_TASK DETAILS:_
In the records below, some lines hold the word "else". Copy each of those lines.
------------------------------
// The entries of a module's classpaths.
ghost use Rattle.std.specs.Prelude.{◌≡◌, ◌<◌, ◌++◌, [], ◌∷◌, true, ◌&&◌, filter, length, if◌then◌else◌, IfOk, OnOk};
ghost use Rattle.classpaths.specs.Classpaths.{artifact_file, has_scope, is_on};
ghost use Rattle.classpaths.specs.declared.classpath.Kind.TheVariants as kinds;
ghost use Rattle.module_plan.specs.Plans.{entries_of, entry_of, kept_output, origin_of};
ghost use Rattle.module_plan.specs.Uses.{has_names, used_by};

use crate::{FileList, Places, artifact_file, has_names, needs_path, slot_of};
use build_core::{Entry, Origin};
use classpaths::{Kind, Resolved};
use collector::Scope;
use goal_types::{GoalCall, Slot};
use mvn_base::{FileName, Gav, handler};
use mvn_shared::{List, Mem, Shared};
use std::alloc::Global;

// Whether a classpath has the dependencies of a scope.
fn has_scope(kind: Kind, scope: Scope) -> bool
    ensures { result ≡ has_scope kind scope }
{
    match (kind, scope) {
        (Kind::Compile, Scope::Compile | Scope::Provided) => true,
        (Kind::Runtime, Scope::Compile | Scope::Runtime) => true,
        (Kind::Test, _) => true,
        _ => false,
    }
}

// An output of a module, if there is one.
fn kept_output(place: u32, slot: Option<Slot>) -> Origin
    ensures { result ≡ kept_output place slot }
{
    match slot {
        Some(slot) => Origin::Module(place, slot),
        None => Origin::Nothing,
    }
}

// Where the bytes of a dependency come from, by the name of its file.
fn origin_of(
    alloc: Global,
    built: &Places<Gav>,
    files: &FileList,
    winner: &Resolved,
    name: &FileName,
) -> Mem<Origin>
    requires name { name.now ≡ artifact_file winner.now }
    requires few_built { length built.now < 4294967296 }
    requires few_files { length files.now < 4294967296 }
    ensures { IfOk result (λ origin. origin ≡ origin_of built.now files.now winner.now) }
{
    if built.has(&winner.gav) {
        let place = built.place(&winner.gav);
        let slot = slot_of(alloc, winner)?;
        return Ok(kept_output(place, slot));
    }
    Ok(Origin::File(files.number(name.as_text())))
}

// The entry of a dependency.
fn entry_of(alloc: Global, built: &Places<Gav>, files: &FileList, winner: &Resolved) -> Mem<Entry>
    requires names { has_names winner.now ≡ true }
    requires few_built { length built.now < 4294967296 }
    requires few_files { length files.now < 4294967296 }
    ensures { IfOk result (λ entry. entry ≡ entry_of built.now files.now winner.now) }
{
    let is_jar = handler(alloc, &winner.kind)?.on_classpath;
    let name = artifact_file(alloc, winner)?;
    let origin = origin_of(alloc, built, files, winner, &name)?;
    Ok(Entry {
        name,
        compile: has_scope(Kind::Compile, winner.scope) && is_jar,
        runtime: has_scope(Kind::Runtime, winner.scope) && is_jar,
        test: has_scope(Kind::Test, winner.scope) && is_jar,
        origin,
    })
}

// Whether a dependency is on some classpath.
fn is_on(alloc: Global, winner: &Resolved) -> Mem<bool>
    ensures { IfOk result (λ it. it ≡ is_on kinds.Test winner.now) }
{
    let rule = handler(alloc, &winner.kind)?;
    Ok(rule.on_classpath)
}

// Puts the entry of a dependency to others, if it has valid names and is on some classpath.
fn push_entry(
    alloc: Global,
    built: &Places<Gav>,
    files: &FileList,
    winner: &Resolved,
    entries: &mut List<Entry>,
) -> Mem<()>
    requires few_built { length built.now < 4294967296 }
    requires few_files { length files.now < 4294967296 }
    ensures { OnOk result (entries.new ≡ (if has_names winner.now && is_on kinds.Test winner.now
        then entries.old ++ entry_of built.now files.now winner.now ∷ [] else entries.old)) }
{
    if !has_names(winner) {
        return Ok(());
    }
    if !is_on(alloc, winner)? {
        return Ok(());
    }
    entries.push(entry_of(alloc, built, files, winner)?)
}

// The entries of all dependencies.
#[tactic(auto, using(crate::proofs::EntryWalks::one_entry_more))]
fn all_entries(
    alloc: Global,
    built: &Places<Gav>,
    files: &FileList,
    winners: &[Shared<Resolved>],
) -> Mem<List<Entry>>
    requires few_built { length built.now < 4294967296 }
    requires few_files { length files.now < 4294967296 }
    ensures { IfOk result (λ entries. entries
        ≡ entries_of built.now files.now (filter has_names winners.now)) }
{
    let mut entries = List::new(alloc);
    for winner in winners {
        push_entry(alloc, built, files, winner, &mut entries)?;
    }
    Ok(entries)
}

/// The entries of a module's classpaths, by its goals and its dependencies: none where no goal needs a classpath. Costs their names.
/// Introduction to the Dependency Mechanism, "Dependency Scope".
pub fn entries_of(
    alloc: Global,
    built: &Places<Gav>,
    files: &FileList,
    calls: &[GoalCall],
    winners: &[Shared<Resolved>],
) -> Mem<List<Entry>>
    requires few_built { length built.now < 4294967296 }
    requires few_files { length files.now < 4294967296 }
    ensures { IfOk result (λ entries. entries
        ≡ entries_of built.now files.now (used_by calls.now winners.now)) }
{
    if !needs_path(calls) {
        return Ok(List::new(alloc));
    }
    all_entries(alloc, built, files, winners)
}
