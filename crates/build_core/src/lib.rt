//! A build is described as data: its plan, the events of its run, how its modules end, and who holds which lock.
//!
//! 1. `plan::Plan` is what is built: the modules in order, with their files, names and goals by number.
//! 2. `event::Event` is one step of a run, as a module's start, a lock that is taken, or a file that is read.
//! 3. `ending::State` is how a module stands, and `ending::Ending` how it ended.
//! 4. `table::LockTable` keeps which worker holds which name, and in which `mode::Mode`.
//!
//! A law, a function that does nothing: `plans_cross::plans_cross_threads` says that threads may share a plan.
#![tactic(auto)]

pub mod ending;
pub mod event;
pub mod mode;
pub mod plan;
mod plans_cross;
mod table;

pub use ending::{Device, Ending, State};
pub use event::{Answered, Event};
pub use mode::Mode;
pub use plan::{Entry, Origin, OwnFile, Plan, PlanModule};
pub use plans_cross::plans_cross_threads;
pub use table::{LockTable, Tried};
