// The POMs of the generated project and of its libraries. POM Reference, for the elements.
ghost use Rattle.std.specs.Prelude.{◌≡◌, ◌≤◌, ◌++◌, flat_map, IfOk, OnOk};
ghost use Rattle.std.specs.String.{string_bytes};
ghost use Rattle.make_project.specs.Poms.{base_pom, coordinates, depth, dependency, element, library, library_pom, module_element, module_name, module_part, module_pom, modules_part, numbers, parent, pom, root_pom, upstream};

use mvn_shared::{Bytes, Mem};
use std::alloc::Global;

// An element with this content.
#[tactic(auto, unfolding(crate::specs::Poms::element))]
fn push_element(out: &mut Vec<u8>, name: &str, content: &[u8]) -> Mem<()>
    ensures { OnOk result (out.new.items ≡ out.old.items ++ element name.now content.now) }
{
    out.extend_from_slice(b"<")?;
    out.extend_from_slice(name.as_bytes())?;
    out.extend_from_slice(b">")?;
    out.extend_from_slice(content)?;
    out.extend_from_slice(b"</")?;
    out.extend_from_slice(name.as_bytes())?;
    out.extend_from_slice(b">")?;
    Ok(())
}

// The coordinates of version 1.0.
fn push_coordinates(out: &mut Vec<u8>, group: &str, artifact: &str) -> Mem<()>
    ensures { OnOk result (out.new.items ≡ out.old.items ++ coordinates group.now artifact.now) }
{
    push_element(out, "groupId", group.as_bytes())?;
    push_element(out, "artifactId", artifact.as_bytes())?;
    push_element(out, "version", b"1.0")
}

// A dependency.
fn push_dependency(alloc: Global, out: &mut Vec<u8>, group: &str, artifact: &str) -> Mem<()>
    ensures { OnOk result (out.new.items ≡ out.old.items ++ dependency group.now artifact.now) }
{
    let mut named = Vec::new(alloc);
    push_coordinates(&mut named, group, artifact)?;
    push_element(out, "dependency", &named)
}

// A POM with this content after the version of the model.
fn pom(alloc: Global, content: &[u8]) -> Mem<Bytes>
    ensures { IfOk result (λ bytes. bytes ≡ pom content.now) }
{
    let mut whole = Vec::new(alloc);
    push_element(&mut whole, "modelVersion", b"4.0.0")?;
    whole.extend_from_slice(content)?;
    let mut out = Vec::new(alloc);
    push_element(&mut out, "project", &whole)?;
    Ok(Bytes::of(out))
}

/// The artifact of a module, which is its folder too. Costs its length.
pub(crate) fn module_name(alloc: Global, number: u32) -> Mem<String>
    ensures { IfOk result (λ name. string_bytes name ≡ module_name number) }
{
    Ok(format!(in alloc; "m{number}")?)
}

/// The artifact of a library. Costs its length.
pub(crate) fn library(alloc: Global, number: u32) -> Mem<String>
    ensures { IfOk result (λ name. string_bytes name ≡ library number) }
{
    Ok(format!(in alloc; "lib{number}")?)
}

// How many modules stand below a module, down to the first.
#[tactic(auto, using(crate::proofs::Numbers::depth_is))]
fn depth(number: u32) -> u32
    ensures { result ≡ depth number }
{
    if number == 0 { 0 } else { number.ilog2() }
}

// A module, as the root names it.
fn push_module(alloc: Global, out: &mut Vec<u8>, number: u32) -> Mem<()>
    ensures { OnOk result (out.new.items ≡ out.old.items ++ module_element number) }
{
    let name = module_name(alloc, number)?;
    push_element(out, "module", name.as_bytes())
}

// The modules of a project of so many POMs.
#[tactic(auto, using(crate::proofs::Numbers::numbers_more))]
fn push_modules(alloc: Global, out: &mut Vec<u8>, poms: u32) -> Mem<()>
    requires { 1 ≤ poms }
    ensures { OnOk result (out.new.items
        ≡ out.old.items ++ flat_map module_element (numbers poms)) }
{
    for number in 1..poms {
        push_module(alloc, out, number)?;
    }
    Ok(())
}

// The element of the modules, where there are any.
fn push_modules_part(alloc: Global, out: &mut Vec<u8>, poms: u32) -> Mem<()>
    ensures { OnOk result (out.new.items ≡ out.old.items ++ modules_part poms) }
{
    if poms < 2 {
        return Ok(());
    }
    let mut modules = Vec::new(alloc);
    push_modules(alloc, &mut modules, poms)?;
    push_element(out, "modules", &modules)
}

/// The POM of the root of a project of so many POMs. Costs their number.
#[tactic(auto, unfolding(crate::specs::Poms::root_pom))]
pub(crate) fn root_pom(alloc: Global, poms: u32) -> Mem<Bytes>
    ensures { IfOk result (λ bytes. bytes ≡ root_pom poms) }
{
    let mut content = Vec::new(alloc);
    push_coordinates(&mut content, "gen", "root")?;
    push_element(&mut content, "packaging", b"pom")?;
    push_modules_part(alloc, &mut content, poms)?;
    pom(alloc, &content)
}

// The dependency on the module of half the number, but for the first.
fn push_upstream(alloc: Global, out: &mut Vec<u8>, number: u32) -> Mem<()>
    ensures { OnOk result (out.new.items ≡ out.old.items ++ upstream number) }
{
    if number < 2 {
        return Ok(());
    }
    let half = module_name(alloc, number / 2)?;
    push_dependency(alloc, out, "gen", half.as_str())
}

// The dependencies of a module.
fn module_part(alloc: Global, number: u32) -> Mem<Vec<u8>>
    ensures { IfOk result (λ bytes. bytes.items ≡ module_part number) }
{
    let mut out = Vec::new(alloc);
    push_upstream(alloc, &mut out, number)?;
    let library = library(alloc, depth(number))?;
    push_dependency(alloc, &mut out, "ext", library.as_str())?;
    Ok(out)
}

// The parent of a module: the root, which is found in the folder above.
fn push_parent(alloc: Global, out: &mut Vec<u8>) -> Mem<()>
    ensures { OnOk result (out.new.items ≡ out.old.items ++ parent) }
{
    let mut root = Vec::new(alloc);
    push_coordinates(&mut root, "gen", "root")?;
    push_element(out, "parent", &root)
}

/// The POM of a module. Costs its length.
#[tactic(auto, unfolding(crate::specs::Poms::module_pom))]
pub(crate) fn module_pom(alloc: Global, number: u32) -> Mem<Bytes>
    ensures { IfOk result (λ bytes. bytes ≡ module_pom number) }
{
    let mut content = Vec::new(alloc);
    push_parent(alloc, &mut content)?;
    let name = module_name(alloc, number)?;
    push_element(&mut content, "artifactId", name.as_bytes())?;
    let needs = module_part(alloc, number)?;
    push_element(&mut content, "dependencies", &needs)?;
    pom(alloc, &content)
}

/// The POM of a library. Costs its length.
#[tactic(auto, unfolding(crate::specs::Poms::library_pom))]
pub(crate) fn library_pom(alloc: Global, artifact: &str) -> Mem<Bytes>
    ensures { IfOk result (λ bytes. bytes ≡ library_pom artifact.now) }
{
    let mut needs = Vec::new(alloc);
    push_dependency(alloc, &mut needs, "ext", "base")?;
    let mut content = Vec::new(alloc);
    push_coordinates(&mut content, "ext", artifact)?;
    push_element(&mut content, "dependencies", &needs)?;
    pom(alloc, &content)
}

/// The POM of the library on which all others stand.
#[tactic(auto, unfolding(crate::specs::Poms::base_pom))]
pub(crate) fn base_pom(alloc: Global) -> Mem<Bytes>
    ensures { IfOk result (λ bytes. bytes ≡ base_pom) }
{
    let mut content = Vec::new(alloc);
    push_coordinates(&mut content, "ext", "base")?;
    pom(alloc, &content)
}
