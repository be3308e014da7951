// The files of a plan, by number.
ghost use Rattle.std.specs.Prelude.{◌≡◌, ◌<◌, [], length, unwrap_or, IfOk, OnOk};
ghost use Rattle.classpaths.specs.Classpaths.{with_name};
ghost use Rattle.module_plan.specs.Numbers.{number_of};

use crate::places::small;
use indexmap::IndexMap;
use mvn_base::FileName;
use mvn_shared::{List, Mem, Text};
use std::alloc::Global;
use std::marker::Model;

/// Names of files, each once, in the order of their first mention. Contracts see them as the list.
#[derive(Drop)]
pub struct FileList {
    names: IndexMap<Text, FileName>,
}

impl Model for FileList {
    ghost use Rattle.std.specs.Prelude.{List, ℕ, ◌≡◌, map};
    ghost use Rattle.classpaths.specs.Classpaths.{twice};

    ghost Value = { List (List ℕ) };

    ghost view = { λ files. map (λ e. e.1) files.names.entries };

    ghost invariant = { λ files. files.names.entries ≡ twice (map (λ e. e.1) files.names.entries) };
}

// A place, or else the end.
fn place_or(found: Option<usize>, end: usize) -> usize
    ensures { result ≡ unwrap_or found end }
{
    match found {
        Some(at) => at,
        None => end,
    }
}

impl FileList {
    pub fn new(alloc: Global) -> FileList
        ensures { result ≡ [] }
    {
        FileList {
            names: IndexMap::new(alloc),
        }
    }

    /// One name more, unless it is there. Costs its length, on the average.
    pub fn add(&mut self, name: FileName) -> Mem<()>
        ensures { OnOk result (self.new ≡ with_name self.old name) }
    {
        let text = name.as_text().clone()?;
        self.names.insert(text, name)?;
        Ok(())
    }

    // The place of a name; the length of the list if it isn't there.
    fn place(&self, name: &Text) -> usize
        ensures { result ≡ number_of self.now name.now }
    {
        place_or(self.names.get_index_of(name), self.names.len())
    }

    /// The number of a name; the length of the list if it isn't there. Costs its length, on the average.
    #[tactic(auto, using(crate::proofs::Filed::small_place))]
    pub fn number(&self, name: &Text) -> u32
        requires few { length self.now < 4294967296 }
        ensures { result ≡ number_of self.now name.now }
    {
        small(self.place(name))
    }

    pub fn into_list(self, alloc: Global) -> Mem<List<FileName>>
        ensures { IfOk result (λ list. list ≡ self) }
    {
        Ok(List::of(self.names.into_values().collect(alloc)?))
    }
}
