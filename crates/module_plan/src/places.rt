// Lists that are searched by their items.
ghost use Rattle.std.specs.Prelude.{◌≡◌, ◌<◌, Some, None, cond, length, IfOk, OnOk};
ghost use Rattle.std.specs.HashMap.{get};
ghost use Rattle.std.specs.List.{list_any, position_from, position_or_len};
ghost use Rattle.std.specs.Option.{option_or};

use mvn_base::Gav;
use mvn_shared::{List, Mem, Text};
use std::alloc::Global;
use std::collections::HashMap;
use std::hash::Hash;
use std::marker::Model;

/// A place as a number of 32 bits.
pub fn small(place: usize) -> u32
    requires { place < 4294967296 }
    ensures { result ≡ place }
{
    place as u32
}

/// What a list can be searched for.
pub trait Item: Eq + Hash + Drop {
    /// A copy of the item.
    fn copy(&self) -> Mem<Self>
        ensures { IfOk result (λ copy. copy ≡ self.now) };
}

impl Item for Gav {
    fn copy(&self) -> Mem<Gav> {
        Ok(self.clone()?)
    }
}

impl Item for Text {
    fn copy(&self) -> Mem<Text> {
        Ok(self.clone()?)
    }
}

/// A list with the first place of each item. Contracts see the list.
#[derive(Drop)]
pub struct Places<K: Item> {
    items: List<K>,
    places: HashMap<K, usize>,
}

impl<K: Item> Model for Places<K> {
    ghost use Rattle.std.specs.Prelude as logic;
    ghost use Rattle.module_plan.specs.Places.{HasPlaces};

    ghost Value = { logic.List K };

    ghost view = { λ p. p.items };

    ghost invariant = { λ p. HasPlaces K.eq p.items p.places };
}

// Notes the place of an item, unless it has one.
fn put<K: Item>(places: &mut HashMap<K, usize>, item: &K, at: usize) -> Mem<()>
    ensures { OnOk result ((q : K) → get K.eq places.new q
        ≡ option_or (get K.eq places.old q) (cond (K.eq q item.now) (Some at) None)) }
{
    if places.contains_key(item) {
        return Ok(());
    }
    places.insert(item.copy()?, at)?;
    Ok(())
}

// The first place of each item.
#[tactic(auto, using(crate::proofs::FirstPlaces::joined))]
fn places_of<K: Item>(alloc: Global, items: &[K]) -> Mem<HashMap<K, usize>>
    ensures { IfOk result (λ map. (q : K) → get K.eq map q ≡ position_from (K.eq q) 0 items.now) }
{
    let mut places = HashMap::new(alloc);
    for at in 0..items.len() {
        put(&mut places, &items[at], at)?;
    }
    Ok(places)
}

impl<K: Item> Places<K> {
    /// A list with its places. Costs a look at each item, on the average.
    #[tactic(auto, using(crate::proofs::FirstPlaces::has_places))]
    pub fn of(alloc: Global, items: List<K>) -> Mem<Places<K>>
        ensures { IfOk result (λ list. list ≡ items) }
    {
        let places = places_of(alloc, items.as_slice())?;
        Ok(Places { items, places })
    }

    /// Whether an item is there. Constant time on the average.
    pub fn has(&self, item: &K) -> bool
        ensures { result ≡ list_any (K.eq item.now) self.now }
    {
        self.places.contains_key(item)
    }

    // The first place of an item, the length of the list if it isn't there.
    fn first(&self, item: &K) -> usize
        ensures { result ≡ position_or_len (K.eq item.now) self.now }
    {
        match self.places.get(item) {
            Some(at) => *at,
            None => self.items.len(),
        }
    }

    /// The first place of an item, the length of the list if it isn't there. Constant time on the average.
    #[tactic(auto, using(crate::proofs::Filed::small_place))]
    pub fn place(&self, item: &K) -> u32
        requires few { length self.now < 4294967296 }
        ensures { result ≡ position_or_len (K.eq item.now) self.now }
    {
        small(self.first(item))
    }

    /// The number of items. Constant time.
    pub fn len(&self) -> usize
        ensures { result ≡ length self.now }
    {
        self.items.len()
    }

    /// The list.
    pub fn into_items(self) -> List<K>
        ensures { result ≡ self }
    {
        self.items
    }
}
------------------------------
_THE COMPLETED TASK:_
ghost use Rattle.std.specs.Prelude.{◌≡◌, ◌<◌, ◌++◌, [], ◌∷◌, true, ◌&&◌, filter, length, if◌then◌else◌, IfOk, OnOk};
        then entries.old ++ entry_of built.now files.now winner.now ∷ [] else entries.old)) }
    if number == 0 { 0 } else { number.ilog2() }
// A place, or else the end.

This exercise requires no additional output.